Problem to work on:
Each of the entries below needs to be given again exactly.

Data for review:

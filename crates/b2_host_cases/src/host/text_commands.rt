//! Commands on texts and lists of them.
use crate::host::path_commands::path_command;
use b2_base::text::has_no_zero;
use b2_base::text_list::TextList;
use b2_memory::memory::MemoryHost;
use std::alloc::Global;
use std::mem::ManuallyDrop;
use transcript::answer::Answer;
use transcript::case_fault::CaseFault;
use transcript::command::{Command, Word};
use transcript::words::{only, own_texts};

/// `has_no_zero TEXT`: whether no byte is zero.
fn no_zero(alloc: Global, words: &[Word]) -> Result<Answer, CaseFault> {
    Answer::truth(alloc, has_no_zero(only(words)?))
}

/// `texts TEXT ..`: a list of texts, made of a vector of them again.
fn text_list(alloc: Global, words: &[Word]) -> Result<Answer, CaseFault> {
    let list = ManuallyDrop::new(TextList::from_vec(own_texts(alloc, words)?.into_vec()));
    Answer::texts(alloc, list.as_slice())
}

/// Carries out a command on texts, or another one.
pub fn text_command(
    alloc: Global,
    host: &mut MemoryHost,
    command: &Command,
) -> Result<Answer, CaseFault> {
    let words = command.words();
    match command.name() {
        "has_no_zero" => no_zero(alloc, words),
        "texts" => text_list(alloc, words),
        _ => path_command(alloc, host, command),
    }
}
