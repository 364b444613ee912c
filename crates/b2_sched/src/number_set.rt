//! Sets of small numbers.
ghost use Rattle.std.specs.Prelude.{◌≡◌, ◌+◌, ◌*◌, ◌<◌, ◌≤◌, true, false, List, length, slice_set, MatchOption, IfOk};
ghost use Rattle.b2_sched.specs.NumberSets.{IsFirstIn, NoneIn, HasNone, IsLeast, IsIndexed};

use b2_base::fault::OutOfMemory;
use std::alloc::Global;
use std::marker::Model;

/// How many flags have one flag above them.
const GROUP: usize = 64;

/// A set of numbers below a bound, seen as its flags. A flag above each 64 flags tells whether one of them is set, and one
/// more above 64 of these: so of 65,536 numbers the lowest is found by at most 144 tests, and no call but `new` takes memory.
pub struct NumberSet {
    flags: Vec<bool>,
    groups: Vec<bool>,
    regions: Vec<bool>,
}

/// By hand, so that dropping one is one call.
impl Drop for NumberSet {
    fn drop(self) {
        let NumberSet {
            flags,
            groups,
            regions,
        } = self;
        drop(flags);
        drop(groups);
        drop(regions);
    }
}

impl Model for NumberSet {
    ghost use Rattle.std.specs.Prelude.{List, Bool};
    ghost use Rattle.std.specs.Coded.{coded_list, coded_bool};
    ghost use Rattle.b2_sched.specs.NumberSets.{IsIndexed};

    ghost Value = { List Bool };

    ghost coded = { coded_list coded_bool };

    ghost view = { λ s. s.flags.items };

    ghost invariant = { λ s. IsIndexed s.flags.items s.groups.items × IsIndexed s.groups.items s.regions.items };
}

/// The first flag that is set, from one place up to another.
pub fn first_in(flags: &[bool], from: usize, to: usize) -> Option<usize>
    requires { to ≤ length flags.now }
    ensures { MatchOption result (NoneIn flags.now from to) (IsFirstIn flags.now from to) }
{
    let mut place = from;
    while place < to {
        if flags[place] {
            return Some(place);
        }
        place += 1;
    }
    None
}

/// The first flag that is set in a group.
fn first_of_group(flags: &[bool], group: usize) -> Option<usize>
    requires { 64 * group < length flags.now }
    ensures { MatchOption result (NoneIn flags.now (64 * group) (64 * group + 64)) (IsFirstIn flags.now (64 * group) (64 * group + 64)) }
{
    let from = group * GROUP;
    let rest = flags.len() - from;
    first_in(flags, from, from + rest.min(GROUP))
}

/// Takes a group out of the set of groups.
fn clear(groups: &mut [bool], regions: &mut [bool], group: usize)
    requires indexed { IsIndexed groups.old regions.old }
    requires within { group < length groups.old }
    ensures cleared { groups.new ≡ slice_set groups.old group false }
    ensures indexed { IsIndexed groups.new regions.new }
{
    let region = group / GROUP;
    groups[group] = false;
    if first_of_group(groups, region).is_none() {
        regions[region] = false;
    }
}

impl NumberSet {
    /// The empty set, for numbers below `size`.
    pub fn new(alloc: Global, size: usize) -> Result<NumberSet, OutOfMemory>
        ensures size { IfOk result (λ s. length s ≡ size) }
        ensures empty { IfOk result HasNone }
    {
        let groups = size.div_ceil(GROUP);
        let regions = groups.div_ceil(GROUP);
        Ok(NumberSet {
            flags: vec![in alloc; false; size]?,
            groups: vec![in alloc; false; groups]?,
            regions: vec![in alloc; false; regions]?,
        })
    }

    /// Puts a number into the set.
    pub fn insert(&mut self, number: usize)
        requires { number < length self.old }
        ensures { self.new ≡ slice_set self.old number true }
    {
        let group = number / GROUP;
        self.flags[number] = true;
        self.groups[group] = true;
        self.regions[group / GROUP] = true;
    }

    /// Takes a number out of the set.
    pub fn remove(&mut self, number: usize)
        requires { number < length self.old }
        ensures { self.new ≡ slice_set self.old number false }
    {
        let group = number / GROUP;
        self.flags[number] = false;
        if first_of_group(&self.flags, group).is_none() {
            clear(&mut self.groups, &mut self.regions, group);
        }
    }

    /// The lowest number of the set.
    pub fn lowest(&self) -> Option<usize>
        ensures { MatchOption result (HasNone self.now) (IsLeast self.now) }
    {
        let region = first_in(&self.regions, 0, self.regions.len())?;
        let group = first_of_group(&self.groups, region)?;
        first_of_group(&self.flags, group)
    }
}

Output of the task:
filename crates/b2_host_cases/src/host/text_commands.rt
//! Commands on texts and lists of them.
use crate::host::path_commands::path_command;
use b2_base::text::has_no_zero;
use b2_base::text_list::TextList;
use b2_memory::memory::MemoryHost;
use std::alloc::Global;
use std::mem::ManuallyDrop;
use transcript::answer::Answer;
use transcript::case_fault::CaseFault;
use transcript::command::{Command, Word};
use transcript::words::{only, own_texts};

/// `has_no_zero TEXT`: whether no byte is zero.
fn no_zero(alloc: Global, words: &[Word]) -> Result<Answer, CaseFault> {
    Answer::truth(alloc, has_no_zero(only(words)?))
}

/// `texts TEXT ..`: a list of texts, made of a vector of them again.
fn text_list(alloc: Global, words: &[Word]) -> Result<Answer, CaseFault> {
    let list = ManuallyDrop::new(TextList::from_vec(own_texts(alloc, words)?.into_vec()));
    Answer::texts(alloc, list.as_slice())
}

/// Carries out a command on texts, or another one.
pub fn text_command(
    alloc: Global,
    host: &mut MemoryHost,
    command: &Command,
) -> Result<Answer, CaseFault> {
    let words = command.words();
    match command.name() {
        "has_no_zero" => no_zero(alloc, words),
        "texts" => text_list(alloc, words),
        _ => path_command(alloc, host, command),
    }
}
repository 364b444613ee912c
filename crates/b2_sched/src/number_set.rt
//! Sets of small numbers.
ghost use Rattle.std.specs.Prelude.{◌≡◌, ◌+◌, ◌*◌, ◌<◌, ◌≤◌, true, false, List, length, slice_set, MatchOption, IfOk};
ghost use Rattle.b2_sched.specs.NumberSets.{IsFirstIn, NoneIn, HasNone, IsLeast, IsIndexed};

use b2_base::fault::OutOfMemory;
use std::alloc::Global;
use std::marker::Model;

/// How many flags have one flag above them.
const GROUP: usize = 64;

/// A set of numbers below a bound, seen as its flags. A flag above each 64 flags tells whether one of them is set, and one
/// more above 64 of these: so of 65,536 numbers the lowest is found by at most 144 tests, and no call but `new` takes memory.
pub struct NumberSet {
    flags: Vec<bool>,
    groups: Vec<bool>,
    regions: Vec<bool>,
}

/// By hand, so that dropping one is one call.
impl Drop for NumberSet {
    fn drop(self) {
        let NumberSet {
            flags,
            groups,
            regions,
        } = self;
        drop(flags);
        drop(groups);
        drop(regions);
    }
}

impl Model for NumberSet {
    ghost use Rattle.std.specs.Prelude.{List, Bool};
    ghost use Rattle.std.specs.Coded.{coded_list, coded_bool};
    ghost use Rattle.b2_sched.specs.NumberSets.{IsIndexed};

    ghost Value = { List Bool };

    ghost coded = { coded_list coded_bool };

    ghost view = { λ s. s.flags.items };

    ghost invariant = { λ s. IsIndexed s.flags.items s.groups.items × IsIndexed s.groups.items s.regions.items };
}

/// The first flag that is set, from one place up to another.
pub fn first_in(flags: &[bool], from: usize, to: usize) -> Option<usize>
    requires { to ≤ length flags.now }
    ensures { MatchOption result (NoneIn flags.now from to) (IsFirstIn flags.now from to) }
{
    let mut place = from;
    while place < to {
        if flags[place] {
            return Some(place);
        }
        place += 1;
    }
    None
}

/// The first flag that is set in a group.
fn first_of_group(flags: &[bool], group: usize) -> Option<usize>
    requires { 64 * group < length flags.now }
    ensures { MatchOption result (NoneIn flags.now (64 * group) (64 * group + 64)) (IsFirstIn flags.now (64 * group) (64 * group + 64)) }
{
    let from = group * GROUP;
    let rest = flags.len() - from;
    first_in(flags, from, from + rest.min(GROUP))
}

/// Takes a group out of the set of groups.
fn clear(groups: &mut [bool], regions: &mut [bool], group: usize)
    requires indexed { IsIndexed groups.old regions.old }
    requires within { group < length groups.old }
    ensures cleared { groups.new ≡ slice_set groups.old group false }
    ensures indexed { IsIndexed groups.new regions.new }
{
    let region = group / GROUP;
    groups[group] = false;
    if first_of_group(groups, region).is_none() {
        regions[region] = false;
    }
}

impl NumberSet {
    /// The empty set, for numbers below `size`.
    pub fn new(alloc: Global, size: usize) -> Result<NumberSet, OutOfMemory>
        ensures size { IfOk result (λ s. length s ≡ size) }
        ensures empty { IfOk result HasNone }
    {
        let groups = size.div_ceil(GROUP);
        let regions = groups.div_ceil(GROUP);
        Ok(NumberSet {
            flags: vec![in alloc; false; size]?,
            groups: vec![in alloc; false; groups]?,
            regions: vec![in alloc; false; regions]?,
        })
    }

    /// Puts a number into the set.
    pub fn insert(&mut self, number: usize)
        requires { number < length self.old }
        ensures { self.new ≡ slice_set self.old number true }
    {
        let group = number / GROUP;
        self.flags[number] = true;
        self.groups[group] = true;
        self.regions[group / GROUP] = true;
    }

    /// Takes a number out of the set.
    pub fn remove(&mut self, number: usize)
        requires { number < length self.old }
        ensures { self.new ≡ slice_set self.old number false }
    {
        let group = number / GROUP;
        self.flags[number] = false;
        if first_of_group(&self.flags, group).is_none() {
            clear(&mut self.groups, &mut self.regions, group);
        }
    }

    /// The lowest number of the set.
    pub fn lowest(&self) -> Option<usize>
        ensures { MatchOption result (HasNone self.now) (IsLeast self.now) }
    {
        let region = first_in(&self.regions, 0, self.regions.len())?;
        let group = first_of_group(&self.groups, region)?;
        first_of_group(&self.flags, group)
    }
}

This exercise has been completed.